Searching for US States and Canadian Province Postal Abbreviations

If you want to use a text type dimension to search for addresses that include standard Post Office abbreviations for States and Provinces, you'll need to create an exclusion so that these words are not removed by applying stop words or other text analysis features.

The word set for US States looks like this:

<wordset id="USStates">
 AL AK AS AZ AR CA CO CT DE DC FM FL GA GU HI ID IL IN IA KS KY LA ME MH MD MA MI MN MS MO MT NE NV NH NJ NM NY NC ND MP OH OK OR PW PA PR RI SC SD TN TX UT VT VI VA WA WV WI WY
</wordset>

The word set for Canadian Provinces looks like this:

<wordset id="CAProvinces">
  AB BC MB NB NL NT NS NU ON PE QC SK YT
</wordset>

The default English stop word set is:

<wordset id="defaultEnglish">
  a and are as at be but by for if in into is it no not of on or s such t that the their then there these they this to was will with
</wordset>

The changeset data for each item looks something like this:

Item 1:
Name: Urban Digby
Description: Life as we know it.
Address: 34 West Street
City: New York
State: NY

Item 2:
Name: Digby in Indiana
Description: Any way you like it.
Address: 14 Cactus Lane
City: Fort Wayne
State: IN

Item 3:
Name: American Samoa Digby
Description: Do what you want to do.
Address: 1455 Centurion Avenue
City: Paradise
State: AS

The dimension looks something like this:

<dimensions ignoreCase="true" accentFolding="true" storeOriginalWord="true">
  <dimension id="general_search" type="text">
    <field id="Name" />
    <field id="Description" />
    <field id="Location" key="Address,City,State" fieldPositionIncrement="0" noAnalysis-ref="USStates, CAProvinces" />
  </dimension>
</dimensions>

How it Works

The noAnlaysis attribute specifies a word set that is applied verbatim to the text to be indexed -- the words are not changed at all, so any exact match to a word in the text to be indexed will be maintained as-is.
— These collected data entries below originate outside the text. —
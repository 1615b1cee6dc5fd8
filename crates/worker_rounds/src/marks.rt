//! What a round of workers marks for the next one.

ghost use Rattle.std.specs.Prelude.{◌≡◌, [], true, IfOk, OnOk};
ghost use Rattle.place_laws.specs.Choosing.{AreSorted};
ghost use Rattle.presolve_model.specs.Worlds.{Version};
ghost use Rattle.round_tasks.specs.Changes.{IsAsLong};
ghost use Rattle.worker_rounds.specs.Marking.{HasLeft, Leaves, LeavesFound, LooksAt};

use crate::workers::Worker;
use instances::Version;
use presolve_model::Instance;
use round_marks::around::Around;
use round_marks::rule_table::head;
use round_marks::stamps::Stamps;
use round_marks::watch::Watch;
use round_tasks::changed_parts;
use std::alloc::{AllocError, Global};

/// Marks a part of each of these instances.
fn leave_each(watch: &mut Watch, found: &[Instance]) -> Result<(), AllocError>
    ensures { OnOk result (Leaves found.now watch.old watch.new) }
{
    for instance in found {
        watch.leave(*instance, head(*instance))?;
    }
    Ok(())
}

/// Marks a part of each instance that workers found.
///
/// # Errors
/// Memory ran out.
pub fn leave_found(watch: &mut Watch, workers: &[Worker]) -> Result<(), AllocError>
    ensures { OnOk result (LeavesFound workers.now watch.old watch.new) }
{
    for worker in workers {
        leave_each(watch, worker.1.found())?;
    }
    Ok(())
}

/// The rows and columns at which the next round looks: those to which the parts lead that have changed since the round before began, or that
/// are marked already. What was enabled on the version before has a part that is marked.
///
/// # Errors
/// Memory ran out.
pub fn ids_after(
    alloc: Global,
    before: &Stamps,
    after: &Version,
    watch: &mut Watch,
) -> Result<Around, AllocError>
    requires long { IsAsLong before.now after.now.problem }
    requires awake { watch.old.marks.asleep ≡ [] }
    ensures awake { OnOk result (watch.new.marks.asleep ≡ []) }
    ensures sorted { IfOk result AreSorted }
    ensures looks { IfOk result (λ ids. (v : Version) → HasLeft v before.now watch.old after.now → LooksAt after.now watch.new ids) }
{
    let changed = changed_parts(alloc, before, after.problem())?;
    watch.note(after.problem(), changed.as_slice())?;
    let ids = watch.around(alloc, after.problem(), after.groups())?;
    Ok(ids)
}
Any non-matches will be further analyzed and subject to stop word removal.

Example with Sample Data

"AS" is the abbreviation for American Samoa, "IN" is the abbreviation for Indiana and "OR" is the abbreviation for Oregon. All three of these words are also English stop words.

Without using noAnalysis word sets, these three words would be changed to lowercase and then matched against the stop word list for English and removed altogether. That is problematic because then you couldn't search for "Fort Wayne, IN" or "Salem, OR".

Note: The words must exactly match the noAnalysis word. For example, "or" and "Or" and "oR" will not match, be converted to "or" and then thrown out because they matched a stop word.